→ **ASSIGNMENT**: Using the data beneath this instruction, retype only the lines from the one that contains "else if part[0]" down to the one that contains "[a] => part_below(a, 1", both included, exactly as they appear.

(Stored items)
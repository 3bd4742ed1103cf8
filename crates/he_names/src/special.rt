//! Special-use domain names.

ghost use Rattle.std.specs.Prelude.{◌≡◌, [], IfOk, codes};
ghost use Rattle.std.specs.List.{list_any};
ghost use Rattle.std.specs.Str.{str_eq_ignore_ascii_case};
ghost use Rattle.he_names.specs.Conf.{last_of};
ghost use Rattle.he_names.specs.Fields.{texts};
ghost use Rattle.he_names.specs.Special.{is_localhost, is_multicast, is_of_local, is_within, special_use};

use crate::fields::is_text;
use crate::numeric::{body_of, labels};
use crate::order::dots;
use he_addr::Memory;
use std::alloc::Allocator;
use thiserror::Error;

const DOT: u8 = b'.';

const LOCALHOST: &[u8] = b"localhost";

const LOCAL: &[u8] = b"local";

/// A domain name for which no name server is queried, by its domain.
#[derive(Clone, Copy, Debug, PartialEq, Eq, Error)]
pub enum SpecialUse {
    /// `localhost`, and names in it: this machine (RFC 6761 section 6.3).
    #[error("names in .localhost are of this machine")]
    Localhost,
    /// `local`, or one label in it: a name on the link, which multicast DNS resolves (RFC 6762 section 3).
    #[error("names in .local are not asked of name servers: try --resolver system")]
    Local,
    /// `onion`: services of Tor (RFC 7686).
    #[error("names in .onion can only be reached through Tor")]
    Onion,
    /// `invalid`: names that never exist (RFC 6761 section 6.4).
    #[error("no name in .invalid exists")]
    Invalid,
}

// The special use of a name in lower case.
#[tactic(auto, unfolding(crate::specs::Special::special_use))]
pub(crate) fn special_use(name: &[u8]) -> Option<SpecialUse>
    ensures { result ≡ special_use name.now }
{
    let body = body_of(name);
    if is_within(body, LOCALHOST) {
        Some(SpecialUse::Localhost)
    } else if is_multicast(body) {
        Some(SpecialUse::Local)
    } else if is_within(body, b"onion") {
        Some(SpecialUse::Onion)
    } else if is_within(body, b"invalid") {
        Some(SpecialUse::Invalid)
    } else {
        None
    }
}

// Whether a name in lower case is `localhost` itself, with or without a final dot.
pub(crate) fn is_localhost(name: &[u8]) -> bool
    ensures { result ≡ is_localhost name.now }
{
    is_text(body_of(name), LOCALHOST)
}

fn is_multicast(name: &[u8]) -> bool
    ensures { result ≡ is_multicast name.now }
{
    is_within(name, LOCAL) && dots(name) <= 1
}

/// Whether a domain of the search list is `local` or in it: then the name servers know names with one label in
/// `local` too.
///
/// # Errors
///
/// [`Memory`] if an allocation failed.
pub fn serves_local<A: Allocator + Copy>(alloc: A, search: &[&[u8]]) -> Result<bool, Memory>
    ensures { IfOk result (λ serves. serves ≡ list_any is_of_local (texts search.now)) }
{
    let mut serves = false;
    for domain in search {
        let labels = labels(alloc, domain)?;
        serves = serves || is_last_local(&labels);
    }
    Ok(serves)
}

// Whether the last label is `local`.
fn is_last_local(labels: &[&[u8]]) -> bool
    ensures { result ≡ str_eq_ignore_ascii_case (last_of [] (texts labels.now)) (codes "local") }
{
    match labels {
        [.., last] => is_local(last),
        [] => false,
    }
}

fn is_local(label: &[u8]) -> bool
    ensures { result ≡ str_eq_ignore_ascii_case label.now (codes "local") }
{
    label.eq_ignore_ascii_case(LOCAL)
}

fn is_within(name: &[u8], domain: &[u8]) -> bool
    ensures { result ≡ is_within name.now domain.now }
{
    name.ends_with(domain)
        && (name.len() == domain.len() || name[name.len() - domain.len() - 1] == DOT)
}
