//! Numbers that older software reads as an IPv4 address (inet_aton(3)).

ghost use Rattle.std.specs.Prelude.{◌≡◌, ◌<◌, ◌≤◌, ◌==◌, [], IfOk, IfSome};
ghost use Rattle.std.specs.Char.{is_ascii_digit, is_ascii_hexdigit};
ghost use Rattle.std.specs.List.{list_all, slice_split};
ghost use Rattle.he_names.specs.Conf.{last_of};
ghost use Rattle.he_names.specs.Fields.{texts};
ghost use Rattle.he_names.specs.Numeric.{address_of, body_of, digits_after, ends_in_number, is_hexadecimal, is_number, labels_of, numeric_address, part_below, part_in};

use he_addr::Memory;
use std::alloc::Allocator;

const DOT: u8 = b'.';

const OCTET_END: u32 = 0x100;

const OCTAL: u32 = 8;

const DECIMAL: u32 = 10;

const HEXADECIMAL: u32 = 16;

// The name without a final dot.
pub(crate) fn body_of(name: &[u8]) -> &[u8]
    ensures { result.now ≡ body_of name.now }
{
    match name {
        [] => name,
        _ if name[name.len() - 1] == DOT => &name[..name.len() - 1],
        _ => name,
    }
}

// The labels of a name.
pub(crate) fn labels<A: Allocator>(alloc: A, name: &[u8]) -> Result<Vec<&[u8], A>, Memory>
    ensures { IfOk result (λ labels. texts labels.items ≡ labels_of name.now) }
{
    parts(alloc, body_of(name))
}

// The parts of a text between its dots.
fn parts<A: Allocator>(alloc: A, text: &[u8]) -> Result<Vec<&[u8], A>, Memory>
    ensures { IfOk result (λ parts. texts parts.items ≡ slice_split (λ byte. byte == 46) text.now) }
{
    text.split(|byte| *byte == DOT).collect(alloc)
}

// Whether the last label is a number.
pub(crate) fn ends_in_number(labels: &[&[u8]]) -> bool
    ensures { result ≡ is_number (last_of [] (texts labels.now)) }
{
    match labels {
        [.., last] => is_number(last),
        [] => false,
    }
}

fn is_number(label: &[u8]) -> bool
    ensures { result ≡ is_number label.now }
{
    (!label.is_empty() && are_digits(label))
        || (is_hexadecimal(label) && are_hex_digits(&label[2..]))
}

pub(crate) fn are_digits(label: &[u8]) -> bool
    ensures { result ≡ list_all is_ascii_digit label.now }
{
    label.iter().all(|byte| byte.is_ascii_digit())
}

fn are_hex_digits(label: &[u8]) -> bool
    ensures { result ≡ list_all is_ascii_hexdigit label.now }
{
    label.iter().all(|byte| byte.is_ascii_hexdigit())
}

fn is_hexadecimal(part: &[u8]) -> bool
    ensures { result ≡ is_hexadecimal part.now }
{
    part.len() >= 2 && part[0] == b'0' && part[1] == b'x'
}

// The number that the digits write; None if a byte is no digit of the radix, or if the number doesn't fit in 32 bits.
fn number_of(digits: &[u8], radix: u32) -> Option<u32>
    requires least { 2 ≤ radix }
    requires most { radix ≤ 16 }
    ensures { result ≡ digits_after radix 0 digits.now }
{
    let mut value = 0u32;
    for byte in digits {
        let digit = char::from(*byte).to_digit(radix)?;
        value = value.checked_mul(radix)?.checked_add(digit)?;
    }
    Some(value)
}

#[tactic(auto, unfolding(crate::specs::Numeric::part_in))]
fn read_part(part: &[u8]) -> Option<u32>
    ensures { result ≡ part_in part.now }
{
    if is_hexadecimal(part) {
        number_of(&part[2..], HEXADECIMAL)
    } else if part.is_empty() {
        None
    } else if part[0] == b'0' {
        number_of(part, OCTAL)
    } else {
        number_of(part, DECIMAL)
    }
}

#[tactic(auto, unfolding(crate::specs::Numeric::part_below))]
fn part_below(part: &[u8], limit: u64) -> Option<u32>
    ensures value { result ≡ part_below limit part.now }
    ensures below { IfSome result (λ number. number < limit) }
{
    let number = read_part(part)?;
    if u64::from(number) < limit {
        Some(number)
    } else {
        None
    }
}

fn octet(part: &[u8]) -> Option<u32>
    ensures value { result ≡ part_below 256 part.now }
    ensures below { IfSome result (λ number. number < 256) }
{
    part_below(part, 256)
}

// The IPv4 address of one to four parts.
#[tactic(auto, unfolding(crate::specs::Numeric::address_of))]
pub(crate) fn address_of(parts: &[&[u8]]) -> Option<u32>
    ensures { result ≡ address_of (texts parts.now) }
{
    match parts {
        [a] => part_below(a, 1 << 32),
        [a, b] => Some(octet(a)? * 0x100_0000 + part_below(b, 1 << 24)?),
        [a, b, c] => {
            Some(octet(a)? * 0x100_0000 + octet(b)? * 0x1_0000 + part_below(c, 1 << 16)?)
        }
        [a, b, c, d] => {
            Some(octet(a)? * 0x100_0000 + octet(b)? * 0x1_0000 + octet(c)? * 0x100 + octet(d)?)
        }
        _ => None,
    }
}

==

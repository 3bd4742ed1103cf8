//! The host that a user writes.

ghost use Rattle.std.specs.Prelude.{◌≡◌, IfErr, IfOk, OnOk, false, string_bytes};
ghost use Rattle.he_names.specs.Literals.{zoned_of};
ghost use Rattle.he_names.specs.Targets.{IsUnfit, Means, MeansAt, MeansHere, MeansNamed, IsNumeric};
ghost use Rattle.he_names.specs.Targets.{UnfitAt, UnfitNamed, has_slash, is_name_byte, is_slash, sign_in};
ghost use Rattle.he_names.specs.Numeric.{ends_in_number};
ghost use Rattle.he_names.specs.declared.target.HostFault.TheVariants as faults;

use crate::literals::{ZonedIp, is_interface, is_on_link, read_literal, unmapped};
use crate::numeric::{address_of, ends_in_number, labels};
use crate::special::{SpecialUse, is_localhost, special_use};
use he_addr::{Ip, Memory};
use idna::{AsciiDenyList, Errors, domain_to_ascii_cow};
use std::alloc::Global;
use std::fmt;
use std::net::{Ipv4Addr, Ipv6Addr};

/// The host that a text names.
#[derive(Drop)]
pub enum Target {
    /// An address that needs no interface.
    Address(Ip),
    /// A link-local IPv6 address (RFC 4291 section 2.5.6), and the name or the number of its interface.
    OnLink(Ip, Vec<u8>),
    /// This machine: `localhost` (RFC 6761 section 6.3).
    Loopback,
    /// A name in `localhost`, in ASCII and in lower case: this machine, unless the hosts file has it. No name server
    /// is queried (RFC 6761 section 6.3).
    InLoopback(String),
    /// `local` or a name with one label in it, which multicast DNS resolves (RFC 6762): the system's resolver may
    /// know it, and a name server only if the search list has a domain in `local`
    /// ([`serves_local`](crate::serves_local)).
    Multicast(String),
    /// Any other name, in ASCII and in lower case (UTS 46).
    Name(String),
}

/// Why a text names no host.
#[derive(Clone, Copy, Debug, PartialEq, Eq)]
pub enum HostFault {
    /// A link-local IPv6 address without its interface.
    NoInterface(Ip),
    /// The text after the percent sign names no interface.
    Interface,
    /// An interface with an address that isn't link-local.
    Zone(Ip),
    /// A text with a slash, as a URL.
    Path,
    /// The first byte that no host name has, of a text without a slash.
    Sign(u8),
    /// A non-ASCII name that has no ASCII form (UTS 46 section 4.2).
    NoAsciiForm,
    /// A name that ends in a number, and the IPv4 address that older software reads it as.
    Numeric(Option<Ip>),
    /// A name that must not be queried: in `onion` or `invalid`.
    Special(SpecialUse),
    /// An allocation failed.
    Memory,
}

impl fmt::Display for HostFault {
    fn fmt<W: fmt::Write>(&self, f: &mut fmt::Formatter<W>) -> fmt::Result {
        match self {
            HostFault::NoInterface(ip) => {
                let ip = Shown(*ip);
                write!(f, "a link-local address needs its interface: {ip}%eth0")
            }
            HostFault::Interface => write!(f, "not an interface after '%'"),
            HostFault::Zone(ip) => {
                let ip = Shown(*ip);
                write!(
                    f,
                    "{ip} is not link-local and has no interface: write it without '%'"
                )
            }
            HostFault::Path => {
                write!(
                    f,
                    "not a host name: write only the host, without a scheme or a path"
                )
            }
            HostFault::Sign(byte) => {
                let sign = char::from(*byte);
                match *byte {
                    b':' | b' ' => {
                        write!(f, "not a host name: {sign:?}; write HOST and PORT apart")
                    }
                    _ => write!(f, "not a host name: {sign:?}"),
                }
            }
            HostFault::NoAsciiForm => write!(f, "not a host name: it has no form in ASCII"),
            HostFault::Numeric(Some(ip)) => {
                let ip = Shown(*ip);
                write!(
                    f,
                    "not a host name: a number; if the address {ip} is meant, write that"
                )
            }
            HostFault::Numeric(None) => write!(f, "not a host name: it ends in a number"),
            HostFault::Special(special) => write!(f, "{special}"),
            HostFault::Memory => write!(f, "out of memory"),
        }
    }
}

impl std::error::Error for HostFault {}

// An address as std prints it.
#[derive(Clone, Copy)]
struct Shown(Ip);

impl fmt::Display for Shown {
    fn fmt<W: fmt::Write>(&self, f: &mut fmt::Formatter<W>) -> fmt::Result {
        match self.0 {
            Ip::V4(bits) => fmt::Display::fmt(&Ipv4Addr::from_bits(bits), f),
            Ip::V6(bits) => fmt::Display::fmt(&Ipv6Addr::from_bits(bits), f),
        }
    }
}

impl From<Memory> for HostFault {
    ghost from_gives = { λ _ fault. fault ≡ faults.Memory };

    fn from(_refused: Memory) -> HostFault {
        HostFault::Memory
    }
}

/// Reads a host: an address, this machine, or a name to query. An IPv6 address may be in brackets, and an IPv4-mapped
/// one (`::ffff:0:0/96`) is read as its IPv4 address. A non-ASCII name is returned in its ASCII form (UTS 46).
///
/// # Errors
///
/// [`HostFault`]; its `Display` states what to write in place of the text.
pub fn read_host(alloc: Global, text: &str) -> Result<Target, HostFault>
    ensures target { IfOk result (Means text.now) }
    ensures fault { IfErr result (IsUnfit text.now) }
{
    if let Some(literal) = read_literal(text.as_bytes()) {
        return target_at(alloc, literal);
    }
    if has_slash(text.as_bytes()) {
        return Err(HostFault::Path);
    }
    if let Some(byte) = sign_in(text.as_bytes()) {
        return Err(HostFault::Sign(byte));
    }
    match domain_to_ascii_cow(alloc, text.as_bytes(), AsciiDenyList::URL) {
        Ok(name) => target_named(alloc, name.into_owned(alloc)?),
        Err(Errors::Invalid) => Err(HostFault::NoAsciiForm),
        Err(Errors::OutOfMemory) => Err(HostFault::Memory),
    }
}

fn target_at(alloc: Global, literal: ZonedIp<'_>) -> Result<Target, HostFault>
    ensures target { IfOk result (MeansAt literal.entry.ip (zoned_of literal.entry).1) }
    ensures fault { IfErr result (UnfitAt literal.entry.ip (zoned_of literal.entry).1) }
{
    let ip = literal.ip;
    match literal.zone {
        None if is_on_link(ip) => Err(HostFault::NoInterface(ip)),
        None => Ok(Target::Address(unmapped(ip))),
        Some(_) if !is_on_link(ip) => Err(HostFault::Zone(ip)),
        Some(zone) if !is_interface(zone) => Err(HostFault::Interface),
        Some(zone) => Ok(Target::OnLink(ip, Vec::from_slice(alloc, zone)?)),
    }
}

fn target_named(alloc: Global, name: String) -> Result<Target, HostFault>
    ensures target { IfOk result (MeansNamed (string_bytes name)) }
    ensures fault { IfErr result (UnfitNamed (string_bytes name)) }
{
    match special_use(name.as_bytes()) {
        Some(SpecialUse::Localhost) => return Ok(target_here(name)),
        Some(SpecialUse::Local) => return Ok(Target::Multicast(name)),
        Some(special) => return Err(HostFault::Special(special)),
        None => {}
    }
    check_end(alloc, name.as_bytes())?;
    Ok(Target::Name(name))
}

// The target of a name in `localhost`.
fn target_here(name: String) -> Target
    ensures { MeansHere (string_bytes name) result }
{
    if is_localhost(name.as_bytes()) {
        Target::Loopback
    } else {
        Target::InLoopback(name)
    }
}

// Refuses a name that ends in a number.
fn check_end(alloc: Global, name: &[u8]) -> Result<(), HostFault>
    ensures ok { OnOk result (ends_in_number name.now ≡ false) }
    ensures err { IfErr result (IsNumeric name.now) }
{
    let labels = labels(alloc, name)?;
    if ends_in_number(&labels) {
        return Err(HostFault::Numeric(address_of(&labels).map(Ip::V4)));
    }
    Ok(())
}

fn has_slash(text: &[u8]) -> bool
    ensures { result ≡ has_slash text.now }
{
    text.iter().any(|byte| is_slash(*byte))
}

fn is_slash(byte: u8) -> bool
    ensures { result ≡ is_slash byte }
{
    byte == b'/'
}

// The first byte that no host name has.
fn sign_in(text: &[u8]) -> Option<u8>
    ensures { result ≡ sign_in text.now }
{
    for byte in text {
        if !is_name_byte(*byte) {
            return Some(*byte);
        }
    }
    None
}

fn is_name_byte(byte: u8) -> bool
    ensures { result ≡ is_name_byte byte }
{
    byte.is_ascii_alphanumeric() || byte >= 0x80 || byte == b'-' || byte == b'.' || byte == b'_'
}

→ **YOUR RESPONSE**:
    } else if part[0] == b'0' {
        number_of(part, OCTAL)
    } else {
        number_of(part, DECIMAL)
    }
}

#[tactic(auto, unfolding(crate::specs::Numeric::part_below))]
fn part_below(part: &[u8], limit: u64) -> Option<u32>
    ensures value { result ≡ part_below limit part.now }
    ensures below { IfSome result (λ number. number < limit) }
{
    let number = read_part(part)?;
    if u64::from(number) < limit {
        Some(number)
    } else {
        None
    }
}

fn octet(part: &[u8]) -> Option<u32>
    ensures value { result ≡ part_below 256 part.now }
    ensures below { IfSome result (λ number. number < 256) }
{
    part_below(part, 256)
}

// The IPv4 address of one to four parts.
#[tactic(auto, unfolding(crate::specs::Numeric::address_of))]
pub(crate) fn address_of(parts: &[&[u8]]) -> Option<u32>
    ensures { result ≡ address_of (texts parts.now) }
{
    match parts {
        [a] => part_below(a, 1 << 32),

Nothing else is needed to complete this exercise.